I would like to switch from eircom to chorus for broadband/landline for costs reasons. However, a friend said that i do switch and a line fault developed I would have to pay to have it fixed myself. Is this true?
Any advice appreciated.


Many thanks


----------



## podgerodge (6 Feb 2009)

Chorus/NTL don't offer an Eircom line service as far as I know - its not like switching from Eircom to say UTV phone or BT.  ChorusNTL offer a digital phone which is over broadband.  so if you move from eircom its no longer a traditional phoneline.

So if a "line fault" develops its up to Chorus to fix it at no cost to you.  I think your friend meant that if you moved your Eircom phoneline to another traditional phoneline operator that ultimately Eircom may have to fix the fault.  this would not apply in your case.

I have the NTL phone which works grand.  Bear in mind during a power cut this type of phoneline would not work whereas traditional phonelines do.  But how often does that happen and thats what mobiles are for.

You can see the Chorus/NTL offers at www.upc.ie


----------



## Piaras (19 Feb 2009)

I'm in the process of doing this myself.  Don't worry about the power cut problem, you probably have a mobile and when was the last power cut in your area?

The argument I'm trying to over come with Eircom is the 12 month contract.  I'm told that if the quality is poor (which it is) say so and ask for a disconnection instead.

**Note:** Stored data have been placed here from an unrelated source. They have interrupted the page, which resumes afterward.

//! The files that a command line names, and what they are to the commands that read packages.

ghost use Rattle.{dwp_index.specs.Package.package_of, std.specs.declared.io.Error.Error as IoError};
ghost use Rattle.std.specs.Prelude.{Err, IfErr, IfOk, List, Ok, Result, ℕ, ◌≡◌};
ghost use Rattle.thorin_find.specs.Listing.{has_no_index, kind_of};
ghost use Rattle.thorin_find.specs.Files.{anything, FailsToRead};

use dwp_base::SectionKind;
use dwp_index::{PackageError, PackageFile};
use std::cell::Cell;
use std::io;
use thorin_print::Failure;

/// Reads the files that a command line names. `find_by` and `list_by` have no other way to a file.
pub trait FileReader {
    // What a read of the file at a path may answer.
    ghost offer: { Self → List ℕ → Result (List ℕ) IoError → Type 0 };

    /// Reads a file whole. Errors: why it couldn't be read, want of memory by its kind.
    fn read(&self, path: &str) -> io::Result<Vec<u8>>
        ensures read { IfOk result (λ bytes. offer self.now path.now (Ok bytes.items)) }
        ensures refused { IfErr result (λ cause. offer self.now path.now (Err cause)) };
}

/// A file that couldn't be read.
#[derive(Drop)]
pub struct Unread {
    /// Its path.
    pub path: String,
    /// Why.
    pub cause: io::Error,
}

/// The files of the system. What has no end, as a device, isn't read.
#[derive(Drop)]
pub struct HostReader<'a> {
    rt: &'a HostRuntime,
    /// The last that couldn't be read.
    unread: Cell<Option<Unread>>,
}

impl<'a> HostReader<'a> {
    /// The files of this runtime.
    pub fn new(rt: &'a HostRuntime) -> HostReader<'a> {
        HostReader {
            rt,
            unread: Cell::new(None),
        }
    }

    /// The last file that couldn't be read, as far as there was memory to keep it.
    pub fn unread(&self) -> Option<Unread> {
        self.unread.replace(None)
    }
}

impl FileReader for HostReader<'_> {
    ghost offer = { λ _. anything };

    fn read(&self, path: &str) -> io::Result<Vec<u8>> {
        match thorin_files::read(self.rt, path) {
            Ok(bytes) => Ok(bytes),
            Err(cause) => {
                let kind = cause.kind();
                if let Ok(path) = String::from_str(self.rt.alloc(), path) {
                    self.unread.set(Some(Unread { path, cause }));
                }
                Err(io::Error::from(kind))
            }
        }
    }
}

/// Reads a file whole. Errors: `Input`, or `Memory`.
pub fn read_named<F: FileReader>(files: &F, path: &str) -> Result<Vec<u8>, Failure>
    ensures read { IfOk result (λ bytes. F.offer files.now path.now (Ok bytes.items)) }
    ensures refused { IfErr result (FailsToRead (F.offer files.now) path.now) }
{
    match files.read(path) {
        Ok(bytes) => Ok(bytes),
        Err(e) if e.kind() == io::ErrorKind::OutOfMemory => Err(Failure::Memory),
        Err(_) => Err(Failure::Input),
    }
}

/// Whether a package has no index of either kind.
pub fn has_no_index(pack: &PackageFile<'_>) -> bool
    ensures { result ≡ has_no_index pack.now }
{
    pack.compilation_index().is_none() && pack.type_index().is_none()
}

/// What a file is.
#[derive(Clone, Copy)]
pub enum PackageKind {
    /// A package: it has an index.
    Package,
    /// An object: it has split units and no index.
    Object,
    /// A file without an index and without split units.
    NoIndex,
    /// This keeps it from being read.
    Malformed(PackageError),
}

/// What a file is that has these bytes.
pub fn kind_of(bytes: &[u8]) -> PackageKind
    ensures { result ≡ kind_of (package_of bytes.now) }
{
    match PackageFile::parse(bytes) {
        Ok(pack) if !has_no_index(&pack) => PackageKind::Package,
        Ok(pack) if pack.content(SectionKind::Info).is_empty() => PackageKind::NoIndex,
        Ok(_pack) => PackageKind::Object,
        Err(error) => PackageKind::Malformed(error),
    }
}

Make sure chorus have hooked you up first!


----------



## Frank (19 Feb 2009)

folks switched from eircom to ntl for the phone.

Pretty painless.


----------



## PyritePete (24 Feb 2009)

we have analog tv with NTL & phone with Eircom, for this we pay about 240 per 2 months. We would like to get broadband, digital tv and phone. Are we better off "bundling" with NTL for all 3 or should we divide up between different providers ( take BT for phone & BB and maybe Sky for tv etc ). I know we are getting fleeced !!
Any advice greatly appreciated...


----------



## Lipstick69 (24 Feb 2009)

The first thing you need to establish is whether or not you can be served by upc (new name for chorus, ntl). I switched my eircom calls and bb last year and bundled with ntl, and I find it good value. LOVE my dvr (apart from the times it freezes and does strange things). Now pay about 69 euro a month all in, whereas it was over 120. 

The physical line into your house is terminated and if you want to keep your number, it'll take about two weeks, but you can make and receive calls in the meantime. ntl also provided two new handsets which were a saving as I would have had to buy these. 

If you can't get ntl, then use callcosts.ie to have a look at the best package for you given your call profile. 

Personally I don't mind having all from one supplier.


----------



## PyritePete (26 Feb 2009)

Hi Lipstick69 thanks for the info. UPC is available in our area. For approx 69 euro a month all in ( which BB if you dont mind me asking & this includes the DVR ? ) Have you received any marketing calls since you switched from Eircom ?? I am leaning towards going with UPC - we have had about 5 Sky Agents/callers since October 
and 2 in particular where I just about held my composure )  I had a mail from a 3rd party (after emailing UPC to make some enquiries) looking for a contact number so he can call me to discuss packages & costs - is this normal ? Would prefer to get something in writing though..


----------



## Lipstick69 (28 Feb 2009)

moved too t upc. no, not a one call. I suppose eircom just see it as a ceased line and assume you have moved.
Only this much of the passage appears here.